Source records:
*-*-*
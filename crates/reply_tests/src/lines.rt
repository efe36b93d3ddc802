use kadm_commands::{
    AddPrinc, ChangeKeys, Command, DelString, ModPolicy, ModPrinc, PolicyChoice, PrincOptions,
    PurgeKeys, RenPrinc, SetString, UseMaster,
};
use kadm_wire::parse_line;
use kdb_base::{Blob, Etype, Field, MemoryOut, Refusal, Stop};
use plain_keys::{Etypes, NewKeys};
use policy_rules::Policy;
use princ_name::{Name, print_name};
use std::alloc::Global;
use std::process::Abort;
use std::test::*;

// A word and a value, where there is one.
fn put_value(
    alloc: Global,
    out: &mut Vec<u8>,
    word: &str,
    value: Option<u32>,
) -> Result<(), MemoryOut> {
    if let Some(value) = value {
        let text = format!(in alloc; " {word} {value}")?;
        out.extend_from_slice(text.as_bytes())?;
    }
    Ok(())
}

fn put_word(out: &mut Vec<u8>, word: &[u8]) -> Result<(), MemoryOut> {
    out.push(b' ')?;
    out.extend_from_slice(word)?;
    Ok(())
}

fn put_name(alloc: Global, out: &mut Vec<u8>, name: &Name) -> Result<(), MemoryOut> {
    let name = print_name(alloc, name)?;
    put_word(out, name.as_slice())
}

fn put_options(alloc: Global, out: &mut Vec<u8>, options: &PrincOptions) -> Result<(), MemoryOut> {
    put_value(alloc, out, "expire", options.expire)?;
    put_value(alloc, out, "pwexpire", options.pw_expire)?;
    put_value(alloc, out, "maxlife", options.max_life)?;
    put_value(alloc, out, "maxrenewlife", options.max_renew)?;
    for flag in options.flags.as_slice() {
        let word = if flag.set { "set" } else { "clear" };
        put_value(alloc, out, word, Some(flag.bit))?;
    }
    Ok(())
}

fn put_policy(out: &mut Vec<u8>, policy: &Option<PolicyChoice>) -> Result<(), MemoryOut> {
    match policy {
        Some(PolicyChoice::Named(name)) => put_word(out, name.as_slice()),
        Some(PolicyChoice::Cleared) => put_word(out, b"cleared"),
        None => Ok(()),
    }
}

fn put_etypes(alloc: Global, out: &mut Vec<u8>, etypes: &Etypes) -> Result<(), MemoryOut> {
    for etype in etypes.as_slice() {
        put_value(alloc, out, "type", Some(u32::from(etype.number())))?;
    }
    Ok(())
}

fn put_keys(alloc: Global, out: &mut Vec<u8>, keys: &NewKeys) -> Result<(), MemoryOut> {
    match keys {
        NewKeys::Random(etypes) => {
            put_word(out, b"random")?;
            put_etypes(alloc, out, etypes)
        }
        NewKeys::Password(password, etypes) => {
            put_word(out, b"password")?;
            put_word(out, password.as_slice())?;
            put_etypes(alloc, out, etypes)
        }
    }
}

fn put_adding(alloc: Global, out: &mut Vec<u8>, add: &AddPrinc) -> Result<(), MemoryOut> {
    put_name(alloc, out, &add.name)?;
    if let Some(keys) = &add.keys {
        put_keys(alloc, out, keys)?;
    }
    put_policy(out, &add.policy)?;
    put_options(alloc, out, &add.options)
}

fn put_modifying(alloc: Global, out: &mut Vec<u8>, modify: &ModPrinc) -> Result<(), MemoryOut> {
    put_name(alloc, out, &modify.name)?;
    put_policy(out, &modify.policy)?;
    put_options(alloc, out, &modify.options)
}

fn put_changing(alloc: Global, out: &mut Vec<u8>, change: &ChangeKeys) -> Result<(), MemoryOut> {
    put_name(alloc, out, &change.name)?;
    put_keys(alloc, out, &change.keys)?;
    if change.keep_old {
        put_word(out, b"keepold")?;
    }
    Ok(())
}

fn put_rules(alloc: Global, out: &mut Vec<u8>, policy: &Policy) -> Result<(), MemoryOut> {
    put_word(out, policy.name())?;
    put_value(alloc, out, "maxlife", Some(policy.max_life()))?;
    put_value(alloc, out, "minlife", Some(policy.min_life()))?;
    put_value(
        alloc,
        out,
        "minlength",
        Some(u32::from(policy.min_length())),
    )?;
    put_value(
        alloc,
        out,
        "minclasses",
        Some(u32::from(policy.min_classes())),
    )?;
    put_value(alloc, out, "history", Some(u32::from(policy.history())))
}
*-*-*
Exercise instructions: The lines to copy are those above that contain "flag".

Result for this exercise:
    for flag in options.flags.as_slice() {
        let word = if flag.set { "set" } else { "clear" };
        put_value(alloc, out, word, Some(flag.bit))?;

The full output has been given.